Social media page created for ‘stolen stuff’ often reunites people with their lost items


The power of social media is helping victims find lost or stolen property.

Have you heard of the Facebook page Stolen Stuff Hawaii? While the Facebook group started off fighting crime, it’s also helping many people reunite with lost items including driver’s licenses.

Is social media the best solution?

Scrolling through the page, you can see a large amount of posts on stolen vehicles and other property.

You also see just as many lost items as there are “stolen stuff.” A common theme – lost driver’s licenses.

“Actually I lost my own stuff before and I actually had it posted on my own group, so yeah I kind of do get that we do have a lot of driver’s licenses,” said founder of the page Michael Kitchens.

Kitchens said a lot of members have been able to get their lost IDs back because good Samaritans made a post on Facebook.

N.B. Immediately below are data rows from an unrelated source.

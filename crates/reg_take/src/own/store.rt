//! A store that brings all that an office made to its register.

ghost use Rattle.std.specs.Prelude.{◌≡◌, IfOk, IfErr};
ghost use Rattle.reg_guard.specs.Admitting.{admit_fault};
ghost use Rattle.reg_take.specs.Catching.{IsCaughtUp, IsNotCaughtUp};

use reg_engine::{CliFault, Keep, Refusal, Store};
use reg_journal::{AdmitFault, OfficeFile};
use reg_state::Register;
use std::alloc::Global;

/// A store, and the office file whose operations are joined to its register, which is never behind.
#[derive(Drop)]
pub struct Catching<'a, T> {
    pub store: T,
    pub file: &'a OfficeFile,
}

impl<T: Store> Store for Catching<'_, T> {
    ghost use Rattle.std.specs.Prelude.{◌≡◌};
    ghost use Rattle.std.proofs.Common.{◌∙◌};
    ghost use Rattle.reg_take.specs.Catching.{caught_up};

    ghost around = { λ old. λ new. T.around old.store new.store };

    ghost next = { λ s. T.next s.store };

    ghost same = { λ old. λ new. T.same old.store new.store × (new.file ≡ old.file) };

    ghost admission = { λ s. caught_up s.file.now };

    ghost still = { λ a b c e f. (T.still a.store b.store c.store e.0 f.0, f.1 ∙ e.1) };

    fn next(&self) -> usize {
        self.store.next()
    }

    fn load(&mut self, alloc: Global) -> Result<Register, CliFault> {
        match self.store.load(alloc) {
            Ok(register) => Ok(register),
            Err(fault) => Err(fault),
        }
    }

    fn admit(&self, alloc: Global, register: Register) -> Result<Register, CliFault> {
        match caught_up(alloc, self.file, &register) {
            Ok(register) => Ok(register),
            Err(fault) => Err(fault),
        }
    }
}

impl<T: Keep> Keep for Catching<'_, T> {
    fn keep(&mut self, alloc: Global, register: &Register) -> Result<(), CliFault> {
        match self.store.keep(alloc, register) {
            Ok(()) => Ok(()),
            Err(fault) => Err(fault),
        }
    }
}

/// The register with all that the office made.
pub fn caught_up(
    alloc: Global,
    file: &OfficeFile,
    register: &Register,
) -> Result<Register, CliFault>
    ensures caught { IfOk result (IsCaughtUp file.now register.now) }
    ensures fault { IfErr result (IsNotCaughtUp file.now register.now) }
{
    match file.catch_up(alloc, register) {
        Ok(register) => Ok(register),
        Err(fault) => Err(fault_of(fault)),
    }
}

fn fault_of(fault: AdmitFault) -> CliFault
    ensures { result ≡ admit_fault fault }
{
    match fault {
        AdmitFault::Behind(id) => CliFault::Refused(Refusal::Behind(id)),
        AdmitFault::Forged(id) => CliFault::Refused(Refusal::Forged(id)),
        AdmitFault::Memory => CliFault::Memory,
    }
}
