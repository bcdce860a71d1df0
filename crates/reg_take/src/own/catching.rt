//! Brings what an office made to a register.

use crate::own::store::caught_up;
use reg_engine::{Change, CliFault, Made, Print};
use reg_journal::OfficeFile;
use reg_query::compare;
use reg_state::Register;
use std::alloc::Global;

/// Makes nothing: the store has joined all that the office made. The lines are the rows that differ from the loaded register.
#[derive(Drop)]
pub struct CatchUp;

impl Change for CatchUp {
    type Read = Register;

    ghost use Rattle.std.specs.Prelude.{◌≡◌};
    ghost use Rattle.reg_engine.specs.declared.fault.CliFault.TheVariants as cli;
    ghost use Rattle.reg_query.specs.DiffLines.{IsDiff};

    ghost reads = { λ old. λ new. λ next. λ x. λ r. r ≡ x };

    ghost unmet = { λ old. λ new. λ next. λ x. λ f. f ≡ cli.Memory };

    ghost makes = { λ old. λ new. λ next. λ x. λ z. λ y. λ lines. (y ≡ z) × IsDiff x z lines };

    ghost refuses = { λ old. λ new. λ next. λ x. λ z. λ f. f ≡ cli.Memory };

    ghost same = { λ old. λ new. Unit {0} };

    ghost itself = { λ a. tt };

    ghost unread = { λ old. λ new. Unit {0} };

    ghost rests = { λ a. tt };

    ghost still = { λ a b c e f. tt };

    ghost stops = { λ a b n x z f h. h };

    fn read(
        &mut self,
        alloc: Global,
        _next: usize,
        register: &Register,
    ) -> Result<Register, CliFault> {
        match register.try_clone(alloc) {
            Ok(loaded) => Ok(loaded),
            Err(_) => Err(CliFault::Memory),
        }
    }

    fn make(
        &mut self,
        alloc: Global,
        _next: usize,
        read: Register,
        register: Register,
    ) -> Result<Made, CliFault> {
        match compare(alloc, &read, &register) {
            Ok(rows) => Ok(Made {
                register,
                lines: rows.text,
            }),
            Err(_) => Err(CliFault::Memory),
        }
    }
}

/// Prints the rows that catching up would change, and keeps nothing.
#[derive(Drop)]
pub struct WouldCatchUp<'a> {
    pub file: &'a OfficeFile,
}

impl Print for WouldCatchUp<'_> {
    ghost use Rattle.std.specs.Prelude.{◌≡◌, ◌⊎◌};
    ghost use Rattle.reg_op.specs.Contents.{Content};
    ghost use Rattle.reg_engine.specs.declared.fault.CliFault.TheVariants as cli;
    ghost use Rattle.reg_query.specs.DiffLines.{IsDiff};
    ghost use Rattle.reg_take.specs.Catching.{IsCaughtUp, IsNotCaughtUp};

    ghost prints = { λ c. λ x. λ text. (y : Content) × IsCaughtUp c.file.now x y × IsDiff x y text };

    ghost refuses = { λ c. λ x. λ f. IsNotCaughtUp c.file.now x f ⊎ (f ≡ cli.Memory) };

    fn text(&self, alloc: Global, register: &Register) -> Result<Vec<u8>, CliFault> {
        let all = match caught_up(alloc, self.file, register) {
            Ok(all) => all,
            Err(fault) => return Err(fault),
        };
        match compare(alloc, register, &all) {
            Ok(rows) => Ok(rows.text),
            Err(_) => Err(CliFault::Memory),
        }
    }
}
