// A job table, tested, then compiled.
ghost use Rattle.std.specs.Prelude.{◌≡◌};
ghost use Rattle.job.specs.Read.{read_table};
ghost use Rattle.loader.specs.TableLoaded.{loaded, loaded_words};

use crate::program;
use entries::parts::EntryParts;
use entries::refusal::Refused;
use job::bounds::MOST_DEFINITIONS;
use job::dag::WORDS;
use reader::table::{check_table, half};

// Loads a job table, and answers the number of its dag's nodes: its dag is written, and words past the last definition and the last node
// stay; or it is refused, and every word stays.
pub fn load(table: &[u8], dag: &mut [u32; WORDS]) -> Result<usize, Refused>
    ensures value { result ≡ loaded (read_table table.now) }
    ensures dag_after { dag.new ≡ loaded_words (read_table table.now) dag.old }
{
    let mut sizes = [0u32; MOST_DEFINITIONS];
    let nodes = check_table(table, &mut sizes)?;
    let definitions = half(table[0], table[1]);
    let e = 4 + half(table[2], table[3]);
    let parts = EntryParts {
        kinds: &table[4..e],
        operands: &table[e..],
    };
    program::compile_program(parts, dag, &sizes[..definitions], nodes);
    Ok(nodes)
}
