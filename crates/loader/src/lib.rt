// From a job table to a dag.
#![tactic(auto)]

mod head;
mod program;
pub mod table;
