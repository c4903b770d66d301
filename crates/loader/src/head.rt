// The words of the dag's head: number of nodes, number of definitions, the goal's root, then root and formals of each definition.
ghost use Rattle.std.specs.Prelude.{◌≡◌, [], ◌∷◌, ◌+◌, ◌*◌, ◌<◌};
ghost use Rattle.std.proofs.lemmas.List.Edits.{sets};

use job::dag::{DEFINITION_COUNT, DEFINITIONS_START, GOAL, NODE_COUNT, WORDS};

// Stores the two words of definition `i`.
pub(crate) fn put_definition(dag: &mut [u32; WORDS], i: usize, root: u32, formals: u32)
    requires { i < 32 }
    ensures { dag.new ≡ sets dag.old (3 + 2 * i) (root ∷ formals ∷ []) }
{
    let at = DEFINITIONS_START + 2 * i;
    dag[at] = root;
    dag[at + 1] = formals;
}

// Stores the first three words.
pub(crate) fn put_sizes(dag: &mut [u32; WORDS], nodes: u32, definitions: u32, goal: u32)
    ensures { dag.new ≡ sets dag.old 0 (nodes ∷ definitions ∷ goal ∷ []) }
{
    dag[NODE_COUNT] = nodes;
    dag[DEFINITION_COUNT] = definitions;
    dag[GOAL] = goal;
}
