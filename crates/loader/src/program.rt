// An accepted program: the bodies of its definitions, its goal, and the dag's head.
ghost use Rattle.std.specs.Prelude.{◌≡◌, ◌≤◌, length};
ghost use Rattle.job.specs.Entry.{entries};
ghost use Rattle.job.specs.Read.{read_entries};
ghost use Rattle.reader.specs.Definition.{read_definition_list};
ghost use Rattle.loader.specs.ProgramStored.{DefinitionsRead, Accepts, place_behind, stored_definitions, stored_program};

use crate::head;
use compiler::body;
use compiler::body::SinkKind;
use entries::parts::EntryParts;
use entries::scope;
use job::dag::WORDS;

// The first entry and the first node behind what is compiled.
#[derive(Clone, Copy)]
pub(crate) struct Place {
    pub at: usize,
    pub node: usize,
}

// Stores the bodies of the definitions whose sizes these are, and their words of the head. A body's sink is its last node.
fn compile_definitions(parts: EntryParts, dag: &mut [u32; WORDS], sizes: &[u32]) -> Place
    requires count_bound { length sizes.now ≤ 32 }
    requires definitions_read { DefinitionsRead
        (read_definition_list (length sizes.now) 0 (entries parts.kinds.now parts.operands.now)) sizes.now }
    ensures value { result ≡ place_behind
        (read_definition_list (length sizes.now) 0 (entries parts.entry.kinds.now parts.entry.operands.now)) }
    ensures dag_after { dag.new ≡ stored_definitions
        (read_definition_list (length sizes.now) 0 (entries parts.entry.kinds.now parts.entry.operands.now)) dag.old }
{
    let mut at = 0;
    let mut node = 0;
    for (i, &size) in sizes.iter().enumerate() {
        let formals = parts.operand(at);
        let last = node + size as usize - 1;
        let scope = scope::of_formals(formals);
        let body = body::compile_body(parts, dag, scope, at + 1, node, last, SinkKind::Return);
        head::put_definition(dag, i, body.root, formals);
        at = body.at;
        node = body.node;
    }
    Place { at, node }
}

// Stores the dag of a program. Its check found the sizes of its definitions and its number of nodes: each body is walked twice, checked
// and compiled.
pub(crate) fn compile_program(
    parts: EntryParts,
    dag: &mut [u32; WORDS],
    sizes: &[u32],
    nodes: usize,
)
    requires count_bound { length sizes.now ≤ 32 }
    requires accepts { Accepts (read_entries (length sizes.now) (entries parts.kinds.now parts.operands.now)) nodes sizes.now }
    ensures { dag.new ≡ stored_program
        (read_entries (length sizes.now) (entries parts.entry.kinds.now parts.entry.operands.now)) dag.old }
{
    let before = compile_definitions(parts, dag, sizes);
    let scope = scope::of_formals(0);
    let goal = body::compile_body(
        parts,
        dag,
        scope,
        before.at,
        before.node,
        nodes - 1,
        SinkKind::Publish,
    );
    head::put_sizes(dag, goal.node as u32, sizes.len() as u32, goal.root);
}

“It’s actually one of our most successful post because everybody knows somebody,” said Kitchens. “Posting online means that it is responded to immediately. It’s very fast. Social media is the new form of communication,” Kitchen explains.

Kitchens said posting lost licenses on social media may be quicker and easier, however…

“There’s more appropriate ways to do it. Actually, if you really want to make sure it gets taken care of properly, you should most likely turn it in to the DMV,” Kitchens said.

The Honolulu Police Department recommends dropping lost licenses off at any police station or Satellite City Hall. You can also call 911 and have an officer pick it up.

Another option is to take it to the post office or drop it off at a blue mail collections box. The U.S. Postal Service also will deliver found wallets. But remember that people who have been reunited with their lost items need to pay for the postage.

If it’s posted on Stolen Stuff Hawaii, the administrators make sure sensitive information is protected.

“If somebody post something [inappropriate] we delete it real fast. We will actually save the picture and repost [it[ with everything blocked off for them,” said Kitchens. “So always follow the laws first. But if you want to help out just a little bit, come to our group.”

Stolen Stuff Hawaii was created three years ago. Today, there are more than 75-thousand members with 200 new people added almost every day.